What concerns Kristof is Confirmation Bias–reading only the things that support your beliefs.  This is dangerous–but only for those who won’t admit its a threat to their understanding.

Here’s a hunk from my book– it’s been awhile.  Seemed relevant.

The Emperor’s New Prose
In 1996, New York University physics professor Allan Sokol wrote an article forbiddingly titled, “Transgressing the Boundaries: Towards a Transformative Hermeneutics of Quantum Gravity,” published in Social Text, an esteemed academic journal of cultural studies. Among other things, Sokol claimed, “physical ‘reality’ is at the bottom of a social and linguistic construct,” and that the concept of an external world subject to laws of nature is a mistaken piece of post-Enlightenment dogma.

Still with me? Sokol utilized scientific and mathematic principles to back up his argument. He threw around imposing concepts like the “morphogenetic field,” which he called “a cutting edge theory of quantum gravity.” Sokol’s article was so steeped in the language of rigorous academic inquiry that the magazine’s editors didn’t realize it was all a hoax.

Sokol later cheerfully admitted that he purposely wrote the article “so that any competent physicist or mathematician, or undergraduate physics or math major, would realize it was a spoof.” Why? To see if the journal would run an article “liberally salted with nonsense if it sounded good and flattered the editors’ ideological pre-conceptions.” In short, Sokol wanted to test the confirmation bias of the editors of Social Text.

Sokol’s prank shows that often things are not as they appear. That principle applies as much to popular culture as it does to scientific inquiry. While there is likely such a thing as objective reality, any two people in the universe will look at objective reality and see entirely different things. And they could both be right.

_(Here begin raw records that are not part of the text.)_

//! Tests of journals of replicas, by subject. Nothing else stands here: their crate is proved once without them.
#![tactic(auto)]

#[cfg(test)]
mod journaled;
#[cfg(test)]
mod kept;
#[cfg(test)]
mod pieces;
#[cfg(test)]
mod recovering;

A dollar may be a dollar, but its value varies around the world on a daily basis.

We don’t all experience the same event or the same picture and draw the same conclusions. Each of us tends to cherry-pick objective events that make it easy for us to “prove” the logic of our opinions. Get used to it. Embrace it. Love it. Considering and accepting your confirmation bias will free you to face it and start to change how often you are trapped by it. Each of us uses the greater events that make up our worldview to prove our confirmation bias. Heck, I’ve done it writing this book. I’ve chosen to count on readers to challenge the examples I’ve described and to which I ascribe meaning to manage my confirmation biases.

Anyone who considers himself immune to this kind of biased thinking should look at mean annual temperatures in Cheraw, South Carolina, where between 1930 and 2000, it cooled by 1.5 degrees. The temperature drop could be seen as an open-and-shut debunking of the concept of global warming, and that might be right if we were talking only about Cheraw, South Carolina. Globally, the last dozen years have yielded the highest temperatures in recorded history. To a dedicated Greenpeace warrior, that fact would underscore the core theme of Al Gore’s messianic film road show, An Inconvenient Truth. Global warming is here, it exists, and we’d better do several things about it, now.
For purposes of this chapter, it doesn’t really matter if the adherents of either viewpoint could be proved right or wrong. What both sides in the global warming debate are doing with their respective scientific facts is exhibiting confirmation bias.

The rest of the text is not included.